YAP nuclear localization in the absence of cell-cell contact is mediated by a filamentous actin-dependent, Myosin IIand Phospho-YAP-independent pathway during extracellular matrix mechanosensing

Arupratan Das, Robert S. Fischer, Duojia Pan, Clare M. Waterman

Research output: Contribution to journalArticle

62 Scopus citations


Cell-cell contact inhibition and the mechanical environment of cells have both been shown to regulate YAP nuclear localization to modulate cell proliferation. Changes in cellular contractility by genetic, pharmacological, and matrix stiffness perturbations regulate YAP nuclear localization. However, because contractility and F-actin organization are interconnected cytoskeletal properties, it remains unclear which of these distinctly regulates YAP localization.
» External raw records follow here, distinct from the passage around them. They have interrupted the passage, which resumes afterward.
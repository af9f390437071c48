// Marks written without looking at the damage.
ghost use Rattle.std.specs.Prelude.{◌≡◌, ◌≤◌, length};
ghost use Rattle.answer.specs.Table.{table};
ghost use Rattle.damage.specs.Passes.{MarkedFrom};

use answer::SampleAt;

fn fill(mark: u8, marks: &mut [u8])
    ensures { marks.new ≡ table (length marks.old) (λ n. mark) }
{
    for each in marks.iter_mut() {
        *each = mark;
    }
}

// 0 up to a sample and 1 from it on; answers how many are 1.
pub(crate) fn mark_from(from: SampleAt, marks: &mut [u8]) -> usize
    requires { from.0 ≤ length marks.old }
    ensures { MarkedFrom from.0 marks.old result marks.new }
{
    let from = from.0;
    let all = marks.len();
    fill(0, &mut marks[0..from]);
    fill(1, &mut marks[from..all]);
    all - from
}
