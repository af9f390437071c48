// Damage marks: which samples of a strip the damaged bytes can change, with prediction or without it.
#![tactic(auto)]

mod blocks;
mod count;
mod fill;
mod first;
mod onward;
mod own;
mod pixel;

ghost use Rattle.std.specs.Prelude.{true};
ghost use Rattle.damage.specs.Passes.{MarksFit, RowMarked, StripMarksFit, MarkedInto};
ghost use Rattle.damage.specs.Promises.{Marked};

use answer::Refusal;
use samples::Strip;

// A predicted row. Where its damage begins with a hit in every channel, the marks are 0 up to there and 1 from there on.
fn mark_row(damage: &[u8], channels: usize, width: usize, marks: &mut [u8]) -> usize
    requires { MarksFit damage.now channels width marks.old }
    ensures { RowMarked damage.now channels width marks.old result marks.new }
{
    let at = first::first_damaged(damage);
    if pixel::pixel_struck(damage, at, channels, width) {
        fill::mark_from(first::sample_of(at, width), marks)
    } else {
        own::own(damage, width, marks);
        onward::onward(channels, marks);
        count::total(marks)
    }
}

fn mark_rows(damage: &[u8], strip: Strip, marks: &mut [u8]) -> usize
    requires { StripMarksFit damage.now strip marks.old }
    ensures { MarkedInto damage.now strip true marks.old result marks.new }
{
    let row_marks = strip.row / strip.width;
    let mut count: usize = 0;
    // By hand: over a count of rows the compiler asks once for all of them whether a row's marks may be carried onward in vectors, and of rows of
    // two pixels too they may not; those of many channels took up to twice as long.
    let mut at: usize = 0;
    let mut n: usize = 0;
    while at < damage.len() {
        let end = at + strip.row;
        let last = n + row_marks;
        count += mark_row(
            &damage[at..end],
            strip.channels,
            strip.width,
            &mut marks[n..last],
        );
        at = end;
        n = last;
    }
    count
}

fn mark_strip(damage: &[u8], strip: Strip, predict: bool, marks: &mut [u8]) -> usize
    requires { StripMarksFit damage.now strip marks.old }
    ensures { MarkedInto damage.now strip predict marks.old result marks.new }
{
    if predict {
        mark_rows(damage, strip, marks)
    } else {
        own::own(damage, strip.width, marks);
        count::total(marks)
    }
}

// Which samples the damaged bytes can change, a byte for each: 1 if they can, 0 if not.
pub fn marks(damage: &[u8], strip: Strip, predict: bool, marks: &mut [u8]) -> Result<usize, Refusal>
    ensures { Marked damage.now strip predict marks.old result marks.new }
{
    samples::check_strip(damage.len(), strip)?;
    let samples = damage.len() / strip.width;
    if marks.len() < samples {
        return Err(Refusal::OutputTooSmall);
    }
    let count = mark_strip(damage, strip, predict, &mut marks[0..samples]);
    Ok(count)
}
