// Blocks of a list of bytes: a loop over one has no way out before its end, so that the compiler takes many bytes at once.
ghost use Rattle.std.specs.Prelude.{◌<◌};
ghost use Rattle.damage.specs.Passes.{BlockEnd};

// Where the block that begins at a place ends.
pub(crate) fn block_end(at: usize, all: usize, most: usize) -> usize
    requires { (at < all) × (0 < most) }
    ensures { BlockEnd at all most result }
{
    if all - at < most { all } else { at + most }
}
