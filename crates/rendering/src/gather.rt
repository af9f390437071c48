// The bytes of a row in the picture's order, where each is a byte of the planes.
ghost use Rattle.pixels.specs.Render.{OneOrTwo};
ghost use Rattle.rendering.specs.Rows.{PlainRowAsked, Gathered, PixelFits, PixelGathered, PlanesFit, PlanesInto};

use layout::RasterLayout;

// A pixel of so many channels of so many bytes, each from its plane.
fn pixel<const CHANNELS: usize, const BYTES: usize>(
    raw: &[u8],
    plane_len: usize,
    place: usize,
    le: bool,
    at: usize,
    out: &mut [u8],
)
    requires { PixelFits raw.now plane_len place CHANNELS BYTES at out.old × OneOrTwo BYTES }
    ensures { PixelGathered raw.now plane_len place CHANNELS BYTES le at out.old out.new }
{
    let mut from = place;
    let mut to = at;
    for c in 0..CHANNELS {
        let mut stored = [0; BYTES];
        stored.copy_from_slice(&raw[from..from + BYTES]);
        let word = pixels::word(stored, le);
        let end = to + BYTES;
        out[to..end].copy_from_slice(&word);
        from += plane_len;
        to += BYTES;
    }
}

// A row of pixels whose channels stand in planes of their own. What tells where they are comes one by one: from a struct the compiler made no
// vectors of planes of one byte, 23.6 µs for 64 KiB in place of 2.6.
fn pixels_apart<const CHANNELS: usize, const BYTES: usize>(
    raw: &[u8],
    plane_len: usize,
    from: usize,
    le: bool,
    out: &mut [u8],
)
    requires { PlanesFit raw.now plane_len from CHANNELS BYTES out.old }
    ensures { PlanesInto raw.now plane_len from CHANNELS BYTES le out.old out.new }
{
    let stride = CHANNELS * BYTES;
    let mut place = from;
    let mut at: usize = 0;
    for p in 0..out.len() / stride {
        pixel::<CHANNELS, BYTES>(raw, plane_len, place, le, at, out);
        place += BYTES;
        at += stride;
    }
}

// The same for each number of channels that a picture has.
fn planes<const BYTES: usize>(
    raw: &[u8],
    plane_len: usize,
    from: usize,
    channels: usize,
    le: bool,
    out: &mut [u8],
)
    requires { PlanesFit raw.now plane_len from channels BYTES out.old }
    ensures { PlanesInto raw.now plane_len from channels BYTES le out.old out.new }
{
    match channels {
        1 => pixels_apart::<1, BYTES>(raw, plane_len, from, le, out),
        2 => pixels_apart::<2, BYTES>(raw, plane_len, from, le, out),
        3 => pixels_apart::<3, BYTES>(raw, plane_len, from, le, out),
        _ => pixels_apart::<4, BYTES>(raw, plane_len, from, le, out),
    }
}

// A row's bytes. Words of one or two bytes, as many as there is room for, are not refused.
pub(crate) fn gather(l: RasterLayout, raw: &[u8], y: usize, out: &mut [u8])
    requires { PlainRowAsked l raw.now y out.old }
    ensures { Gathered l raw.now y out.old out.new }
{
    let from = y * (l.encoded_width * l.plane_channels);
    if !l.fields.separate {
        let end = from + out.len();
        let _ = samples::reorder(&raw[from..end], l.fields.bytes, l.fields.le, false, out);
    } else if l.fields.bytes == 2 {
        planes::<2>(raw, l.plane_len, from, l.fields.ch, l.fields.le, out);
    } else {
        planes::<1>(raw, l.plane_len, from, l.fields.ch, l.fields.le, out);
    }
}
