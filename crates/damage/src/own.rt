// The marks of samples from their own bytes. The bytes of a sample are read in a straight line, byte p at `at + p`, as a word's definition has
// them, and joined to a word, which is 0 exactly if they all are. A function for each width, as in `words`: those need a premise, and so are private there.
ghost use Rattle.std.specs.Prelude.{◌≡◌, true, ◌+◌, ◌≤◌, length};
ghost use Rattle.words.specs.Promises.{served};
ghost use Rattle.words.specs.Word.{word_at};
ghost use Rattle.damage.specs.Marks.{mark_byte, struck_at};
ghost use Rattle.damage.specs.Passes.{OneEach, OwnInto};

fn word2(damage: &[u8], at: usize) -> u16
    requires { at + 2 ≤ length damage.now }
    ensures { result ≡ word_at damage.now at 2 true }
{
    words::join2(damage[at + 0], damage[at + 1])
}

fn word3(damage: &[u8], at: usize) -> u32
    requires { at + 3 ≤ length damage.now }
    ensures { result ≡ word_at damage.now at 3 true }
{
    words::join3(damage[at + 0], damage[at + 1], damage[at + 2])
}

fn word4(damage: &[u8], at: usize) -> u32
    requires { at + 4 ≤ length damage.now }
    ensures { result ≡ word_at damage.now at 4 true }
{
    words::join4(
        damage[at + 0],
        damage[at + 1],
        damage[at + 2],
        damage[at + 3],
    )
}

// Whether a byte of the sample at a place is damaged. Of eight bytes each half is joined: the compiler compares four bytes, many times at
// once, faster than eight.
fn struck(damage: &[u8], at: usize, width: usize) -> bool
    requires { (served width ≡ true) × (at + width ≤ length damage.now) }
    ensures { result ≡ struck_at width damage.now at }
{
    if width == 1 {
        damage[at] != 0
    } else if width == 2 {
        word2(damage, at) != 0
    } else if width == 3 {
        word3(damage, at) != 0
    } else if width == 4 {
        word4(damage, at) != 0
    } else {
        (word4(damage, at) != 0) | (word4(damage, at + 4) != 0)
    }
}

// The mark of the sample at a place.
pub(crate) fn mark_at(damage: &[u8], at: usize, width: usize) -> u8
    requires { (served width ≡ true) × (at + width ≤ length damage.now) }
    ensures { result ≡ mark_byte (struck_at width damage.now at) }
{
    if struck(damage, at, width) { 1 } else { 0 }
}

// By hand: with a place worked out from the mark's number it runs at 0.6 to 0.8 in strips of up to 64 KiB.
fn own_of(damage: &[u8], width: usize, marks: &mut [u8])
    requires { (served width ≡ true) × OneEach damage.now width marks.old }
    ensures { OwnInto damage.now width marks.old marks.new }
{
    let mut at: usize = 0;
    let mut n: usize = 0;
    while n < marks.len() {
        marks[n] = mark_at(damage, at, width);
        at += width;
        n += 1;
    }
}

// Each arm knows its width, so that the compiler makes a loop of each.
pub(crate) fn own(damage: &[u8], width: usize, marks: &mut [u8])
    requires { (served width ≡ true) × OneEach damage.now width marks.old }
    ensures { OwnInto damage.now width marks.old marks.new }
{
    if width == 1 {
        own_of(damage, width, marks)
    } else if width == 2 {
        own_of(damage, width, marks)
    } else if width == 3 {
        own_of(damage, width, marks)
    } else if width == 4 {
        own_of(damage, width, marks)
    } else if width == 8 {
        own_of(damage, width, marks)
    } else {
        own_of(damage, width, marks)
    }
}
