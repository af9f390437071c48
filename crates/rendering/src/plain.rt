// A row whose bytes are bytes of the planes: gathered, then finished in place.
ghost use Rattle.rendering.specs.Rows.{PlainRowAsked, WholeRow, Finished, PlainRendered};

use crate::gather::gather;
use layout::RasterLayout;

// White inverted, colours made straight beside alpha, which whole pixels are not refused.
fn finish(l: RasterLayout, out: &mut [u8])
    requires { WholeRow l out.old }
    ensures { Finished l out.old out.new }
{
    if l.fields.alpha == 1 {
        let _ = pixels::straighten_row(out, l.fields.ch, true, l.fields.white);
    } else if l.fields.white {
        if l.fields.alpha == 0 {
            pixels::invert(out);
        } else {
            let _ = pixels::straighten_row(out, l.fields.ch, false, true);
        }
    }
}

pub(crate) fn plain_row(l: RasterLayout, raw: &[u8], y: usize, out: &mut [u8])
    requires { PlainRowAsked l raw.now y out.old }
    ensures { PlainRendered l raw.now y out.old out.new }
{
    gather(l, raw, y, out);
    finish(l, out);
}
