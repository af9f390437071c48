// Marks carried onward along a row: a mark is also that of the sample `channels` before it, which is read back.
ghost use Rattle.std.specs.Prelude.{◌≡◌, ◌<◌};
ghost use Rattle.damage.specs.Passes.{larger as largerOf, Bits, OnwardInto};

pub(crate) fn larger(a: u8, b: u8) -> u8
    ensures { result ≡ largerOf a b }
{
    if a < b { b } else { a }
}

pub(crate) fn onward(channels: usize, marks: &mut [u8])
    requires { Bits marks.old × (0 < channels) }
    ensures { OnwardInto channels marks.old marks.new }
{
    for n in channels..marks.len() {
        marks[n] = larger(marks[n], marks[n - channels]);
    }
}
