// Where the damage of a row begins.
ghost use Rattle.std.specs.Prelude.{◌≡◌, true, ◌/◌, ◌≤◌, ◌<◌, length};
ghost use Rattle.damage.specs.Passes.{SoundTo, FirstDamaged};

use crate::{blocks, onward};
use answer::{ByteAt, SampleAt};

// Whether every byte of a block is sound: the largest is 0.
fn sound(block: &[u8]) -> bool
    ensures { result ≡ true → SoundTo block.now (length block.now) }
{
    let mut most: u8 = 0;
    for byte in block {
        most = onward::larger(most, *byte);
    }
    most == 0
}

// A place up to which all is sound, found by whole blocks.
fn sound_blocks(damage: &[u8]) -> usize
    ensures { SoundTo damage.now result × (result ≤ length damage.now) }
{
    let mut at: usize = 0;
    // By hand: the last block is shorter, and the place where one begins is the answer.
    while at < damage.len() {
        let end = blocks::block_end(at, damage.len(), 512);
        if !sound(&damage[at..end]) {
            return at;
        }
        at = end;
    }
    at
}

// The first damaged byte, or the row's end.
pub(crate) fn first_damaged(damage: &[u8]) -> ByteAt
    ensures { FirstDamaged damage.now result.0 }
{
    for at in sound_blocks(damage)..damage.len() {
        if damage[at] != 0 {
            return ByteAt(at);
        }
    }
    ByteAt(damage.len())
}

// The sample that a byte is one of.
pub(crate) fn sample_of(at: ByteAt, width: usize) -> SampleAt
    requires { 0 < width }
    ensures { result.0 ≡ at.0 / width }
{
    let at = at.0;
    SampleAt(at / width)
}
Here we show that in the absence of cell-cell contact, actomyosin contractility suppressesYAPphosphorylation at Ser112, however, neither loss of contractility nor increase in YAP phosphorylation is sufficient for its nuclear exclusion. We find that actin cytoskeletal integrity is essential for YAP nuclear localization, and can override phosphoregulation or contractility-mediated regulation of YAP nuclear localization. This actin-mediated regulation is conserved during mechanotransduction, as substrate compliance increased YAP phosphorylation and reduced cytoskeletal integrity leading to nuclear exclusion of both YAP and Ser(P)112-YAP. These data provide evidence for two actin-mediated pathways for YAP regulation; one in which actomyosin contractility regulates YAP phosphorylation, and a second that involves cytoskeletal integrity-mediated regulation of YAP nuclear localization independent of contractility. We suggest that in non-contact inhibited cells, this latter mechanism may be important in low stiffness regimes, such as may be encountered in physiological environments.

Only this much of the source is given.